> [PROBLEM REQUIREMENTS]:
Among these entries, how many lines have the string "DeliveryDelay" in them? Only the number is needed.

> [DATA]:
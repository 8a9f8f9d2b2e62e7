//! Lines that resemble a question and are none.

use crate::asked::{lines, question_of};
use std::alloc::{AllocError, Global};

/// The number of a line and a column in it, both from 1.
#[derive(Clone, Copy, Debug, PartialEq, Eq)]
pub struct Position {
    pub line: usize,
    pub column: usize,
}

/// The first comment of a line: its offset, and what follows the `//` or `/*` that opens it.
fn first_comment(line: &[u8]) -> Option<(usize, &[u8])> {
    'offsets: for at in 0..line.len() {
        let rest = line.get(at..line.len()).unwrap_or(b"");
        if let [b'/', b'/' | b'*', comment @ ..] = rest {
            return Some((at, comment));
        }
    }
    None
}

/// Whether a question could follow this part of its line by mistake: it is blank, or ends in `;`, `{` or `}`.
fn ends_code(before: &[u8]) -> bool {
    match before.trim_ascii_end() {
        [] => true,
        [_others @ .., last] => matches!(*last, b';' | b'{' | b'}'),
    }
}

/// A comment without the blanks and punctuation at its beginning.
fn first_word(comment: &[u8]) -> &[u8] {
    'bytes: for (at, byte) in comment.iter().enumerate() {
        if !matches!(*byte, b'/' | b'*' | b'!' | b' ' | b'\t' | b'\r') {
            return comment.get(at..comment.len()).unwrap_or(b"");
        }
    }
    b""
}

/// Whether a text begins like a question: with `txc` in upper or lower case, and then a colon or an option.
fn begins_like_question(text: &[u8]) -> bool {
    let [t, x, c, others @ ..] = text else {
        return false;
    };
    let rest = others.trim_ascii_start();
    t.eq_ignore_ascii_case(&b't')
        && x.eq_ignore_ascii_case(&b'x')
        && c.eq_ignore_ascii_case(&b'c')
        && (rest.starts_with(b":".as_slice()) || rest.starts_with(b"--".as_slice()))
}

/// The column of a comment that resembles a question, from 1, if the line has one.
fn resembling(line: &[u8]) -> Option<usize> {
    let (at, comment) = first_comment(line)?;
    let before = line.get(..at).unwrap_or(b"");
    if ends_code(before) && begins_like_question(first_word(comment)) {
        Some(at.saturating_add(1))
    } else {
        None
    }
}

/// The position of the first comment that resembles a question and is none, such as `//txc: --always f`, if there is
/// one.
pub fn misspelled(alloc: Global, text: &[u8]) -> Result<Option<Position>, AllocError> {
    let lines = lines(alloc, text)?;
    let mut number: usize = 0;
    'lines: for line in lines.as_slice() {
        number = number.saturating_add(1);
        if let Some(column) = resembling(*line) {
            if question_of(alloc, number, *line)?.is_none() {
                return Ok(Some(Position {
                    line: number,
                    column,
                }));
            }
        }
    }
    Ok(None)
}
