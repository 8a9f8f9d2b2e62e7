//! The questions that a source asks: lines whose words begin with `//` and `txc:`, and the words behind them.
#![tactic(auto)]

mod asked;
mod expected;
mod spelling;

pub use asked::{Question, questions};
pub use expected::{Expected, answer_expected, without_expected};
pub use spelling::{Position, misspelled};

...

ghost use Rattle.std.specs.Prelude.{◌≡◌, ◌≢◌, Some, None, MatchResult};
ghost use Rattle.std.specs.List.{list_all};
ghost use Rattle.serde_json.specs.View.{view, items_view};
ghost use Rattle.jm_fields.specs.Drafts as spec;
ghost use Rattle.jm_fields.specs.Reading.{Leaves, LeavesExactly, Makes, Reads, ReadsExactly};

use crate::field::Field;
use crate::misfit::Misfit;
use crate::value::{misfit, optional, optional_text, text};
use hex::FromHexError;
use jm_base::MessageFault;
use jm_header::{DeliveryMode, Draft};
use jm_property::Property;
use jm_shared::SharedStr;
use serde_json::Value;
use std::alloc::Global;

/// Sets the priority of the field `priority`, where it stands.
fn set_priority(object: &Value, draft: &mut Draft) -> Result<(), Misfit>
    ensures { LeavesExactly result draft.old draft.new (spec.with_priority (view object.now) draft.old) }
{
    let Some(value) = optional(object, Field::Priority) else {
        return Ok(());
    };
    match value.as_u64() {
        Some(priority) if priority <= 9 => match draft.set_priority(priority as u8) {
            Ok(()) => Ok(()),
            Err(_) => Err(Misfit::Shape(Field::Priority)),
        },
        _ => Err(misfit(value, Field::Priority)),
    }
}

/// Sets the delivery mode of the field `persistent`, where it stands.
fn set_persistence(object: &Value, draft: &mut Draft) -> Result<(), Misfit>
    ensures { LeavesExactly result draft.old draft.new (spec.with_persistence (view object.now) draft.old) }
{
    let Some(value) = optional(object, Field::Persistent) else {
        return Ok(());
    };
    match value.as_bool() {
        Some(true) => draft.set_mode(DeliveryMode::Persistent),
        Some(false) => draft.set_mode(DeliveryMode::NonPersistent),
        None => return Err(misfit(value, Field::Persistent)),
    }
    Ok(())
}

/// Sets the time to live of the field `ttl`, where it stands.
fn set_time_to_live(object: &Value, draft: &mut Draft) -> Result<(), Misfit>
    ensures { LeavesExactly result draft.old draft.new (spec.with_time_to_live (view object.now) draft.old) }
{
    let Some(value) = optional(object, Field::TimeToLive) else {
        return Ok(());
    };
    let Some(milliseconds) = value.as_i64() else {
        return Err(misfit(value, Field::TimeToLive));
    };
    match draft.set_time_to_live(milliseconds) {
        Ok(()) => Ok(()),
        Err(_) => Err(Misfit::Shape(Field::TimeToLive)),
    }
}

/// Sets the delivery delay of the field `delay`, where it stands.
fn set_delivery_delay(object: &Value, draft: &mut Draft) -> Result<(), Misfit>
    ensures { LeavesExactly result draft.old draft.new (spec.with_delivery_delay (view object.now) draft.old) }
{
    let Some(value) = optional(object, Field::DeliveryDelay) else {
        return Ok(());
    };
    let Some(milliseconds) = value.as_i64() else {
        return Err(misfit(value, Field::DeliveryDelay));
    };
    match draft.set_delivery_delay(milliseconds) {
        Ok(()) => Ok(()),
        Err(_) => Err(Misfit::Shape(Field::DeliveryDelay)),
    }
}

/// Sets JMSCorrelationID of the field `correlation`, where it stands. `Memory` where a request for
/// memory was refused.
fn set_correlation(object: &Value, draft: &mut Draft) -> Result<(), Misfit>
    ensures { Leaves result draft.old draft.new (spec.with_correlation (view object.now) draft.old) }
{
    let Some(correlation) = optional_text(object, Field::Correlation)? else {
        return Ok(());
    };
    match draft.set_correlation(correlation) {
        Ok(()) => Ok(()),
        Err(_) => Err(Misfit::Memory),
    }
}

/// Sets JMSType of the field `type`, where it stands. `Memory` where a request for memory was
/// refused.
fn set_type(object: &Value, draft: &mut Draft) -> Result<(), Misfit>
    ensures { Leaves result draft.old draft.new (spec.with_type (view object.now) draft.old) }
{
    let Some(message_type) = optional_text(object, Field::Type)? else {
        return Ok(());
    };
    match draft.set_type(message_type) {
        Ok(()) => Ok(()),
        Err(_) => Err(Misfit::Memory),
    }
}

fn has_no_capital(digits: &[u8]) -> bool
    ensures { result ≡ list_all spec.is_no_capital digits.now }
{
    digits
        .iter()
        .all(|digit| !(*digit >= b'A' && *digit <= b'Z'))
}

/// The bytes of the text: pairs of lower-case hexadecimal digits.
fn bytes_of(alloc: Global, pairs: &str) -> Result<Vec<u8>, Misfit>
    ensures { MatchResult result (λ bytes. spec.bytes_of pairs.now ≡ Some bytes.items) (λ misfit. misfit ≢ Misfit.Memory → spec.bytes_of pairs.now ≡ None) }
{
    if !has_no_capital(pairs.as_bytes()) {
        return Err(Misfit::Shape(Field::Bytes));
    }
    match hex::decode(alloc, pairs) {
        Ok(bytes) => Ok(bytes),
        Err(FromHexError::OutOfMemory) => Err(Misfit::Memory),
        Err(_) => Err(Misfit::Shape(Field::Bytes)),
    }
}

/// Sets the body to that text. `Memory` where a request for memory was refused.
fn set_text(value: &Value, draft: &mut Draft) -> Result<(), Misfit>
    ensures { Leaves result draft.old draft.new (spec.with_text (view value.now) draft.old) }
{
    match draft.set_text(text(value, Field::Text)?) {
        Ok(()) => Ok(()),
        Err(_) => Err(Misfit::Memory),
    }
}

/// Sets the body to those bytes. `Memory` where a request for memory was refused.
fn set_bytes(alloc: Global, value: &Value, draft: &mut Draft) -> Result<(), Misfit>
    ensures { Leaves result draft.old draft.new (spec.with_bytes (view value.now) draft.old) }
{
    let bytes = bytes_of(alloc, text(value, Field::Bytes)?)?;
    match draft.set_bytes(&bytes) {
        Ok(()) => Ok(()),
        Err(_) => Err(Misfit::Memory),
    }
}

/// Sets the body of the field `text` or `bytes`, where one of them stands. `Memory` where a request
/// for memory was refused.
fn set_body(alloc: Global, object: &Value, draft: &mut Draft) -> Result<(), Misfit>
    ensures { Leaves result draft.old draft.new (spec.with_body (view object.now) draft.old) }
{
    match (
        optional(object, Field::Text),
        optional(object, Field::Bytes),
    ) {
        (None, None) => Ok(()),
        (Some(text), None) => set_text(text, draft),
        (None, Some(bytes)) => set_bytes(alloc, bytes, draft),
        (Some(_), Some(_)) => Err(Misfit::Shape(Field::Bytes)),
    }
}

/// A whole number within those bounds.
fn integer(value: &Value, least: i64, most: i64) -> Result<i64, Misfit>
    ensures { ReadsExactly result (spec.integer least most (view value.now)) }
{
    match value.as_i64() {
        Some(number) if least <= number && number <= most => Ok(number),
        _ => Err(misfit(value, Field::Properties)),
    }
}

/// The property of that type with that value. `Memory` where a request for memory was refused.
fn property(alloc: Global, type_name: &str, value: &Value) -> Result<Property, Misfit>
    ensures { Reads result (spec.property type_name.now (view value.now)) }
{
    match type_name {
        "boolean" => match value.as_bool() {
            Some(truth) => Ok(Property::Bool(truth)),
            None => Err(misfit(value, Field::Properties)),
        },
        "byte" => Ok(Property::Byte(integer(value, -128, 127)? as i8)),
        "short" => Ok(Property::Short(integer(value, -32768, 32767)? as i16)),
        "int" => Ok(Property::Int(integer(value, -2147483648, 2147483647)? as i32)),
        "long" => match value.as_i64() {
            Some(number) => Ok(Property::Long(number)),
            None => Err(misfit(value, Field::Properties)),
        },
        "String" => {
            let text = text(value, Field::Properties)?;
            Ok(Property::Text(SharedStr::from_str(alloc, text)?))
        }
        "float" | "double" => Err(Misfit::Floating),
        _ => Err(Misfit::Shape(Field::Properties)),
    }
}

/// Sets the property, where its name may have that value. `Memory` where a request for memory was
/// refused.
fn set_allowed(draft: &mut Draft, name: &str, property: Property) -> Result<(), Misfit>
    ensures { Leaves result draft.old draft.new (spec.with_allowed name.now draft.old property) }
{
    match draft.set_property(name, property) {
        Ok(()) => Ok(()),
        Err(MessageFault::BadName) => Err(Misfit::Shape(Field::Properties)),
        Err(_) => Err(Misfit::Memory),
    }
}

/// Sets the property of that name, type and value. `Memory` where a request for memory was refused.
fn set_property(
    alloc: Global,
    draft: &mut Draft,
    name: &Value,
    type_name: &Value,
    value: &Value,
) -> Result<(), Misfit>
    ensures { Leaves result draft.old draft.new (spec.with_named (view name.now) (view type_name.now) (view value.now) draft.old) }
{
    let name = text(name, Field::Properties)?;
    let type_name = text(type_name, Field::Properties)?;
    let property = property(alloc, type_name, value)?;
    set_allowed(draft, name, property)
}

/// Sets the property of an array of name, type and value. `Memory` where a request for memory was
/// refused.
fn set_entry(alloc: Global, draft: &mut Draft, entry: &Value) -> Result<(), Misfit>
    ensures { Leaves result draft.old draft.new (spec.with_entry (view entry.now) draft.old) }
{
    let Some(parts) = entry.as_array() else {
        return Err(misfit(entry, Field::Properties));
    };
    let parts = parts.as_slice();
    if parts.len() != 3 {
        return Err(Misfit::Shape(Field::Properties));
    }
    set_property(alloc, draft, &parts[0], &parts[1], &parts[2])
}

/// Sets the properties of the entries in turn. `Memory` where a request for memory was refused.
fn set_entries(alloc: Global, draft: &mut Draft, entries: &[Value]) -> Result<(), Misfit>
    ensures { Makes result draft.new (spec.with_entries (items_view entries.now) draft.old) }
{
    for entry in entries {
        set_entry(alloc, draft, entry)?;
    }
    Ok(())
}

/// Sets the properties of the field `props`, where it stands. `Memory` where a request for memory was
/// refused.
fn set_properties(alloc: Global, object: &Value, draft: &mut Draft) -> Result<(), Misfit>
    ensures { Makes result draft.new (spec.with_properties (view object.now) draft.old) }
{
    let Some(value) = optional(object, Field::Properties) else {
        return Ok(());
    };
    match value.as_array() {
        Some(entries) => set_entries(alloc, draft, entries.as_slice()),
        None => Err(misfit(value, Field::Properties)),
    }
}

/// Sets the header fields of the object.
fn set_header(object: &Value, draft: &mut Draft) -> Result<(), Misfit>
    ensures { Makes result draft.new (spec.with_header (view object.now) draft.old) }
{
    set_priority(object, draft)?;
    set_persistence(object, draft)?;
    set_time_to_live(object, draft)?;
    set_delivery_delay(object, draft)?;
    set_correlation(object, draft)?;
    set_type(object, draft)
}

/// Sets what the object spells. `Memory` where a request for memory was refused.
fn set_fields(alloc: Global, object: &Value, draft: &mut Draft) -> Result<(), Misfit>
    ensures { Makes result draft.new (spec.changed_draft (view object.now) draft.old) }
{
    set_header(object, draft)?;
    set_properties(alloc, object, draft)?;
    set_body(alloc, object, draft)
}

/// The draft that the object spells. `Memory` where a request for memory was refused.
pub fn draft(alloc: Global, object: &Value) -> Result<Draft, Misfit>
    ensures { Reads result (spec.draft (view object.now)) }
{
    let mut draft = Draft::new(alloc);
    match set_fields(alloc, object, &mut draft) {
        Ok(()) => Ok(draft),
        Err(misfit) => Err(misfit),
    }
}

> [RESPONSE TO THE EXERCISE]:
3